Окоп закончился неглубоким ходом сообщения. Последний вывел нас к небольшой ложбине в тылу позиции. В ложбине стояли две подводы. У подвод курили двое, один в помятой, потемневшей от пота форме, другой — в белом халате поверх рубахи. Санитар.
— Этого вот, Сидорина, контузило! — крикнул и помахал свободной рукой мой провожатый.
Санитар смерил нас равнодушным взглядом. Профессиональная деформация.
— Сам идет — это хорошо. Давай сюда лезь, — указал на подводу.
Паренек помог, и я стал соседом кого-то накрытого шинелью и тяжело дышащего. Места хватает — хорошо, раненного двигать не придется. Я сел у бортика и посмотрел на лошадь. Плохо ей — кости через рыжую шкуру проступают.
Выбросив окурок, санитар полез на подводу, отдав команду пропотевшему вознице:
— Поехали.
Подвода тронулась.
Я оглянулся на провожатого. Он стоял у края ложбины и махал рукой. Так, как машут младшие братья, когда не уверены, увидят ли тебя ещё, но стараются не расстраиваться раньше времени. Ощутив внезапный порыв, я спросил:
— Тебя как звать?
Удивившись, он ответил:
— Ты че? Шурка же! Тебя совсем приложило?
— Совсем! — подтвердил я.
Он рассмеялся — резко, по-мальчишески — и помахал ещё раз. Подвода повернула за пригорок. Шурка пропал. Вознице с санитаром не было до меня дела, раненому — тем более, поэтому я как бы остался один. Можно подумать.
Подвода тряслась по сухой земле. Колёса скрипели. Я сидел у бортика и смотрел. Небо было всё то же — синее, без единого облачка. Высоко прошли две точки, я их сначала принял за птиц, потом понял — самолёты. Шли парой, с запада на восток. На таком расстоянии силуэт было не опознать, но, полагаю, не наши — в начале войны Люфтваффе в воздухе доминировали так, что я пожалел, что со мной не перенесся «Панцирь» с бесконечным боезапасом.
Ладно, о важном надо думать. Итак!
Я теперь рядовой Сидорин Василий Кузьмич, девятнадцать лет отроду. Тело контужено, движения нечеткие, но на первый взгляд я здоров и неплохо сложен — руки жилистые, привыкли работать. Не так, как привык я, но это поправимо. Из инвентаря — гимнастерка, каска и книжка красноармейца в нагрудном кармане. Оружие? В окопе оружие, и это — косяк. Возможно, простят в честь контузии, но посеять оружие — худшее, что может сделать боец.
Теперь — о том, что происходит и будет происходить в будущем.
Я — в Чапаевской дивизии. Тридцать первый Пугачёвский имени Фурманова стрелковый полк. Под Одессой. Сорок первый год, лето — судя по жаре, по тому, что степь жёлтая, по тому, что обстрелы уже идут, но город ещё не оставлен.
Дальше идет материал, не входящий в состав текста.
//! What stands from the first token of a goal on.

use prolog_tokens::TokenKind;
use token_search::{Look, TextToken, TokenReader, shown_name};

/// What was seen from the first token of a goal on, outside its brackets.
#[derive(Clone, Copy)]
pub(crate) struct GoalLook<'a> {
    pub(crate) first: Option<TextToken<'a>>,
    pub(crate) second: Option<TextToken<'a>>,
    depth: u32,
    /// Whether no comma and no branch has come yet.
    is_first_goal: bool,
    pub(crate) has_branch: bool,
    /// Whether an arrow comes before a branch.
    pub(crate) has_arrow: bool,
    /// Whether there is the arrow of a grammar rule.
    pub(crate) has_grammar_arrow: bool,
    /// Whether the first goal compares terms.
    pub(crate) has_test: bool,
    /// Whether the first goal makes a term of a list.
    pub(crate) has_univ: bool,
    /// Whether there is the neck of a clause.
    pub(crate) has_neck: bool,
}

/// The names that compare terms, and bind nothing.
const TESTS: [&str; 7] = ["\\=", "==", "\\==", "@<", "@=<", "@>", "@>="];

impl<'a> Look<'a> for GoalLook<'a> {
    fn take(&mut self, word: TextToken<'a>) -> bool {
        // The parentheses around a goal begin it.
        if self.first.is_none() && word.kind == TokenKind::Paren {
            return true;
        }
        if self.first.is_none() {
            self.first = Some(word);
        } else if self.second.is_none() {
            self.second = Some(word);
        }
        let depth = self.depth;
        self.depth = word.depth_after(depth);
        depth > 0 || self.take_outside(word)
    }
}

impl<'a> GoalLook<'a> {
    /// Looks at the tokens from a place on, up to the end of the clause or of the brackets that the place is in.
    pub(crate) fn of(text: &'a [u8], at: usize) -> GoalLook<'a> {
        let mut look = GoalLook {
            first: None,
            second: None,
            depth: 0,
            is_first_goal: true,
            has_branch: false,
            has_arrow: false,
            has_grammar_arrow: false,
            has_test: false,
            has_univ: false,
            has_neck: false,
        };
        TokenReader::new(text, at).show_to(&mut look);
        look
    }

    /// Whether the first token is the whole goal.
    pub(crate) fn is_alone(&self) -> bool {
        match self.second {
            Some(word) => {
                word.closes()
                    || matches!(word.kind, TokenKind::End | TokenKind::Comma)
                    || word.text == b";".as_slice()
            }
            None => true,
        }
    }

    /// Whether the first token is the prompt of a Prolog system.
    pub(crate) fn begins_with_prompt(&self) -> bool {
        match self.first {
            Some(word) => word.text == b"?-".as_slice(),
            None => false,
        }
    }

    /// Whether the first token has arguments.
    pub(crate) fn has_arguments(&self) -> bool {
        match (self.first, self.second) {
            (Some(first), Some(second)) => second.opens_arguments(first),
            _ => false,
        }
    }

    /// Takes a token outside brackets.
    fn take_outside(&mut self, word: TextToken<'a>) -> bool {
        match word.kind {
            TokenKind::End => return false,
            TokenKind::Comma => self.is_first_goal = false,
            TokenKind::Name => self.take_name(shown_name(word.text).unwrap_or("")),
            _ => return !word.closes(),
        }
        true
    }

    /// Takes a name outside brackets.
    fn take_name(&mut self, name: &str) {
        match name {
            ";" => {
                self.has_branch = true;
                self.is_first_goal = false;
            }
            "->" => {
                self.has_arrow = self.has_arrow || !self.has_branch;
                self.is_first_goal = false;
            }
            "-->" => self.has_grammar_arrow = true,
            ":-" => self.has_neck = true,
            "=.." => self.has_univ = self.has_univ || self.is_first_goal,
            _ => self.has_test = self.has_test || (self.is_first_goal && TESTS.contains(&name)),
        }
    }
}
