//! Queries that stand in a program's file.

use mistake_sentences::{FileMistake, ShellWord};
use token_search::{TokenReader, shown_name};

/// Where the clause at the beginning of a text has its dot.
fn end_of(text: &[u8]) -> Option<usize> {
    let mut reader = TokenReader::new(text, 0);
    for _ in 0..reader.most() {
        let word = reader.next()?;
        if word.is_end() {
            return Some(word.start as usize);
        }
    }
    None
}

/// The text of the query that begins with `?-` at a place.
fn query_at(text: &[u8], at: usize) -> Option<&[u8]> {
    if let Some(text) = text.get(at..)
        && let Some(text) = text.strip_prefix(b"?-".as_slice())
        && let Some(end) = end_of(text)
        && let Some(query) = text.get(..end)
    {
        return Some(query.trim_ascii());
    }
    None
}

/// The query at a place of a file's text.
pub fn query_in_file<'a>(file: &'a str, text: &'a [u8], at: usize) -> Option<FileMistake<'a>> {
    let query = query_at(text, at)?;
    let file = ShellWord::file(file);
    let query = ShellWord::new(shown_name(query).unwrap_or("QUERY"));
    Some(FileMistake::Query { file, query })
}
Значит, август или сентябрь, скорее август. Хейнкель в небе говорил мне о том же — немецкая авиация ещё ходит над этими полями свободно, без сопротивления, и значит, боёв за Одессу осталось до эвакуации недели и месяцы, а не дни.
Что я знаю про оборону Одессы?
Я полез в память, но память была дырявая. Помню, что воевать придется в основном с румынами. Помнил, что осада будет долгая. Помнил, что Севастополь держался дольше, до сорок второго. Помнил, что Чапаевская в Севастополе погибла.
Погибать я не хочу, и мне не стыдно в этом признаться. Я не героя контракт подписывал, а обычный. Я на войну шел работать, и работал хорошо, на совесть. Не против продолжить здесь. Контракт был с другой формой Родины, но — был, и я не помню, чтобы увольнялся в запас. Но героически умирать… Не моё. Варианта у меня два. Первый — хитрожопый: сделать так, чтобы меня естественным образом перевели из Чапаевской в другую. Вариант второй, кажущийся настолько правильным, что я даже морщусь — остаться в Чапаевской, выжить, и сделать так, чтобы выжил не только я.